Your task is to gather the lines below that hold the string "declared".

(Beginning of SUPPLIED ENTRIES)

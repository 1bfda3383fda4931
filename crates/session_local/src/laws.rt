//! Laws of the session's own state.

ghost use Rattle.std.specs.Prelude.{◌≡◌, ℕ, true, List, None, IsTrue};
ghost use Rattle.std.specs.List.{list_all};
ghost use Rattle.std.specs.List.Sorted.{IsStrictlySortedBy};
ghost use Rattle.std.specs.Ordering.{nat_cmp};
ghost use Rattle.std.specs.Cmp.Lexicographic.{slice_cmp};
ghost use Rattle.jet_base.specs.declared.words.ColType.TheVariants.{Binary};
ghost use Rattle.cursor_nav.specs.Navigation.{Navigated};
ghost use Rattle.key_normal.specs.KeyOrder.{is_value};
ghost use Rattle.database_state.specs.Table.{schema_of};
ghost use Rattle.database_state.specs.State.{DatabaseState};
ghost use Rattle.session_local.specs.declared.request.Request.{Request};
ghost use Rattle.session_local.specs.Outcome.{CallInputs};
ghost use Rattle.session_local.specs.Calls.{answer, is_local};
ghost use Rattle.session_local.specs.LocalCalls.{is_answered_locally};
ghost use Rattle.session_local.specs.Finishing.{Decided, finished, decided_by, is_finished};
ghost use Rattle.session_local.specs.IntersectCalls.{common_bookmarks, table_of_bookmarks};
ghost use Rattle.session_local.specs.IntersectLaws.{filled_in_order};
ghost use Rattle.session_local.specs.Local.{LocalState, OpenCursor, cursor_labelled};
ghost use Rattle.session_local.specs.Navigating.{navigated_on};
ghost use Rattle.session_local.specs.Agreement.{Agrees};
ghost use Rattle.session_local.specs.WellFormed.{IsWellFormed, is_well_formed_schema, is_well_formed_table, is_well_formed_copy};

use index_intersect::bookmarks_in_common_rise;
use key_normal::order_of_whole_keys;

/// What a decision leaves of the session's own state is what the definitions say, for every call that is decided on the
/// shared state and moves no cursor.
pub fn finish_is_the_answer()
    ensures { (asked : CallInputs) (request : Request) → is_finished request ≡ true → finished asked.local request (decided_by asked request) ≡ (answer asked request).local }
{}

/// A call that a session answers by itself makes no step, and its answer is that of a local call.
pub fn local_calls_take_no_step()
    ensures step { (asked : CallInputs) (request : Request) → is_answered_locally asked.local request ≡ true → (answer asked request).step ≡ None }
    ensures local { (asked : CallInputs) (request : Request) → is_answered_locally asked.local request ≡ true → is_local request (answer asked request).answered.jet ≡ true }
{}

/// A call that a session answers by itself keeps the session's own state well formed.
pub fn local_calls_keep_well_formed()
    ensures { (asked : CallInputs) (request : Request) → is_answered_locally asked.local request ≡ true → IsWellFormed asked.local → IsWellFormed (answer asked request).local }
{}

/// What a decision leaves of a well-formed state is well formed, where the table that is opened has a well-formed schema
/// and a copied update is of a record that its columns take.
pub fn finish_keeps_well_formed()
    ensures { (local : LocalState) (request : Request) (decided : Decided) → IsWellFormed local → IsTrue (is_well_formed_table decided.table) → IsTrue (is_well_formed_copy local request decided.copied) → IsWellFormed (finished local request decided) }
{}

/// A call that moves a cursor keeps the state well formed.
pub fn navigation_keeps_well_formed()
    ensures { (local : LocalState) (label : ℕ) (move : OpenCursor → Navigated) → IsWellFormed local → IsWellFormed (navigated_on local (cursor_labelled local label) move) }
{}

/// A state that agrees with a database whose tables have well-formed schemas is well formed.
pub fn agreeing_states_are_well_formed()
    ensures { (state : DatabaseState) (session : ℕ) (local : LocalState) → Agrees state session local → IsTrue (list_all (λ table. is_well_formed_schema (schema_of table)) state.tables) → IsWellFormed local }
{}

/// A temporary table that is filled with rising bookmarks has them in their order, one in each row, and its place is before them.
/// So has the one that an IntersectIndexes fills: what its ranges have in common rises. Bookmarks are strings of at most 255
/// bytes.
pub fn a_filled_table_has_its_bookmarks_in_order()
    ensures rising { (bookmarks : List (List ℕ)) → IsStrictlySortedBy (slice_cmp nat_cmp) bookmarks → IsTrue (list_all (is_value Binary) bookmarks) → table_of_bookmarks bookmarks ≡ filled_in_order bookmarks }
    ensures common { (asked : CallInputs) (cursors : List OpenCursor) → IsTrue (list_all (is_value Binary) (common_bookmarks asked cursors)) → table_of_bookmarks (common_bookmarks asked cursors) ≡ filled_in_order (common_bookmarks asked cursors) }
{
    order_of_whole_keys();
    bookmarks_in_common_rise();
}
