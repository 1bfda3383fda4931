//! Values that are shown.

/// A value that a call shows.
pub(crate) enum Shown<'a> {
    /// A number of the data.
    Number(i64),
    /// Bytes, of which a front is shown.
    Bytes(&'a [u8]),
}
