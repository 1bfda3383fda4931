//! The temporary tables of a session.

ghost use Rattle.std.specs.Prelude.{◌≡◌, ◌==◌, ◌<◌, ◌++◌, [], ◌∷◌, true, None, IfOk, IsTrue, List, ℕ, is_some, length};
ghost use Rattle.std.specs.List.{position};
ghost use Rattle.temp_table.specs.TempColumns.{are_temp_columns};
ghost use Rattle.session_local.specs.Answer.{Nothing, answered_by};
ghost use Rattle.session_local.specs.ChangingTemps.{ChangesTemps, read_by};
ghost use Rattle.session_local.specs.Finishing.{temps_with};
ghost use Rattle.session_local.specs.Local.{temp_labelled};
ghost use Rattle.session_local.specs.Showing.{names_within, HasRoom};
ghost use Rattle.session_local.specs.TempCalls.{temp_close, temp_count, temp_move, temp_open, temp_put, temp_read};

use crate::open_temp::OpenTemp;
use crate::putting_rows::put_values;
use crate::reading_rows::value_at;
use crate::reply::{Reply, Value};
use crate::showing::Shown;
use jet_base::{CursorId, Given, Jet, OutOfMemory, Way};
use std::alloc::Global;
use std::marker::Model;
use temp_table::{TempColumn, TempTable};

/// How many temporary tables a session may have open.
pub const MOST_TEMPS: usize = 4;

/// The temporary tables of a session, in the order in which they were opened. They hold no memory of the database's, and no
/// call of another session sees them.
///
/// Contracts see the tables.
#[derive(Debug, Drop)]
pub(crate) struct Temps {
    tables: Vec<OpenTemp>,
    // The bytes of the last row that was put: room for those of the next one.
    bytes: Vec<u8>,
}

impl Model for Temps {
    ghost use Rattle.std.specs.Prelude.{List};
    ghost use Rattle.session_local.specs.declared.open_temp.OpenTemp.{OpenTemp};

    ghost Value = { List OpenTemp };

    ghost use Rattle.session_local.specs.Holding.{HaveTheirRoom};

    ghost view = { λ a. a.tables.items };

    ghost invariant = { HaveTheirRoom };
}

impl Temps {
    /// No table, and the room for four.
    pub(crate) fn take(alloc: Global) -> Result<Temps, OutOfMemory>
        ensures { IfOk result (λ taken. taken ≡ []) }
    {
        let tables = Vec::with_capacity(alloc, MOST_TEMPS)?;
        Ok(Temps {
            tables,
            bytes: Vec::new(alloc),
        })
    }

    // The place of the table with this label.
    fn position(&self, label: CursorId) -> Option<usize>
        ensures { result ≡ position (λ temp. temp.label.0 == label.0) self.now }
    {
        self.tables.iter().position(|temp| temp.label.0 == label.0)
    }

    /// Whether a table has this label.
    pub(crate) fn has(&self, label: CursorId) -> bool
        ensures { result ≡ is_some (temp_labelled self.now label) }
    {
        self.position(label).is_some()
    }

    /// How many tables there are.
    pub(crate) fn len(&self) -> usize
        ensures { result ≡ length self.now }
    {
        self.tables.len()
    }

    /// TempOpen. Where there is no memory nothing changes.
    pub(crate) fn open(
        &mut self,
        label: CursorId,
        unique: bool,
        columns: &[TempColumn],
    ) -> Result<Jet, OutOfMemory>
        requires { are_temp_columns columns.now ≡ true }
        ensures { ChangesTemps self.old (temp_open self.old label unique columns.now) result self.new }
    {
        match self.position(label) {
            Some(_) => Ok(Jet::InvalidTableId),
            None => self.open_new(label, unique, columns),
        }
    }

    // Opens a table whose label is free.
    fn open_new(
        &mut self,
        label: CursorId,
        unique: bool,
        columns: &[TempColumn],
    ) -> Result<Jet, OutOfMemory>
        requires legal { are_temp_columns columns.now ≡ true }
        requires free { position (λ temp. temp.label.0 == label.0) self.old ≡ None }
        ensures { ChangesTemps self.old (temp_open self.old label unique columns.now) result self.new }
    {
        if self.tables.len() >= MOST_TEMPS {
            return Ok(Jet::OutOfCursors);
        }
        let alloc = *self.tables.allocator();
        let columns = Vec::from_slice(alloc, columns)?;
        let table = TempTable::open(alloc, columns, unique)?;
        self.push(OpenTemp { label, table });
        Ok(Jet::Success)
    }

    /// Opens a table that was filled. Nothing changes where the label is taken and where four are open.
    pub(crate) fn add(&mut self, label: CursorId, table: TempTable)
        ensures { self.new ≡ temps_with self.old label table }
    {
        match self.position(label) {
            Some(_) => {}
            None => self.add_new(label, table),
        }
    }

    // Opens a table whose label is free.
    fn add_new(&mut self, label: CursorId, table: TempTable)
        requires { position (λ temp. temp.label.0 == label.0) self.old ≡ None }
        ensures { self.new ≡ temps_with self.old label table }
    {
        if self.tables.len() >= MOST_TEMPS {
            return;
        }
        self.push(OpenTemp { label, table });
    }

    // Puts a table behind the others. There is room for it.
    fn push(&mut self, temp: OpenTemp)
        requires { length self.old < 4 }
        ensures { self.new ≡ self.old ++ temp ∷ [] }
    {
        match self.tables.push(temp) {
            Ok(()) => {}
            Err(_) => unreachable!(),
        }
    }

    /// TempPut. Where there is no memory nothing changes.
    pub(crate) fn put(&mut self, label: CursorId, values: &[Given]) -> Result<Jet, OutOfMemory>
        ensures { ChangesTemps self.old (temp_put self.old label values.now) result self.new }
    {
        let Some(at) = self.position(label) else {
            return Ok(Jet::InvalidTableId);
        };
        let temp = &mut self.tables[at];
        put_values(&mut temp.table, &mut self.bytes, values)
    }

    /// TempMove.
    pub(crate) fn move_to(&mut self, label: CursorId, way: Way) -> Jet
        ensures { temp_move self.old label way ≡ record { answered = record { jet = result; shown = Nothing }; temps = self.new } }
    {
        let Some(at) = self.position(label) else {
            return Jet::InvalidTableId;
        };
        let temp = &mut self.tables[at];
        if temp.table.move_to(way) {
            Jet::Success
        } else {
            Jet::NoCurrentRecord
        }
    }

    /// TempRead: a value of the current row, whose columns are counted from 1.
    pub(crate) fn read(&self, label: CursorId, column: u8) -> Result<Shown<'_>, Jet>
        ensures answer { temp_read self.now label column ≡ record { answered = read_by result; temps = self.now } }
        ensures room { IfOk result HasRoom }
    {
        match self.position(label) {
            Some(at) => value_at(&self.tables[at].table, column),
            None => Err(Jet::InvalidTableId),
        }
    }

    /// TempCount.
    pub(crate) fn count(&self, label: CursorId) -> Reply
        ensures answer { (buffer : List ℕ) → temp_count self.now label ≡ record { answered = answered_by result buffer; temps = self.now } }
        ensures named { (most : ℕ) → IsTrue (names_within result.value most) }
    {
        match self.position(label) {
            Some(at) => Reply {
                jet: Jet::Success,
                value: Value::Count(self.tables[at].table.count()),
            },
            None => Reply {
                jet: Jet::InvalidTableId,
                value: Value::Nothing,
            },
        }
    }

    /// TempClose. The table gives its memory up.
    pub(crate) fn close(&mut self, label: CursorId) -> Jet
        ensures { temp_close self.old label ≡ record { answered = record { jet = result; shown = Nothing }; temps = self.new } }
    {
        let Some(at) = self.position(label) else {
            return Jet::InvalidTableId;
        };
        let _ = self.tables.remove(at);
        Jet::Success
    }
}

(End of SUPPLIED ENTRIES)

◆ OUTPUT FOR THIS EXERCISE:
ghost use Rattle.jet_base.specs.declared.words.ColType.TheVariants.{Binary};
ghost use Rattle.session_local.specs.declared.request.Request.{Request};
    ghost use Rattle.session_local.specs.declared.open_temp.OpenTemp.{OpenTemp};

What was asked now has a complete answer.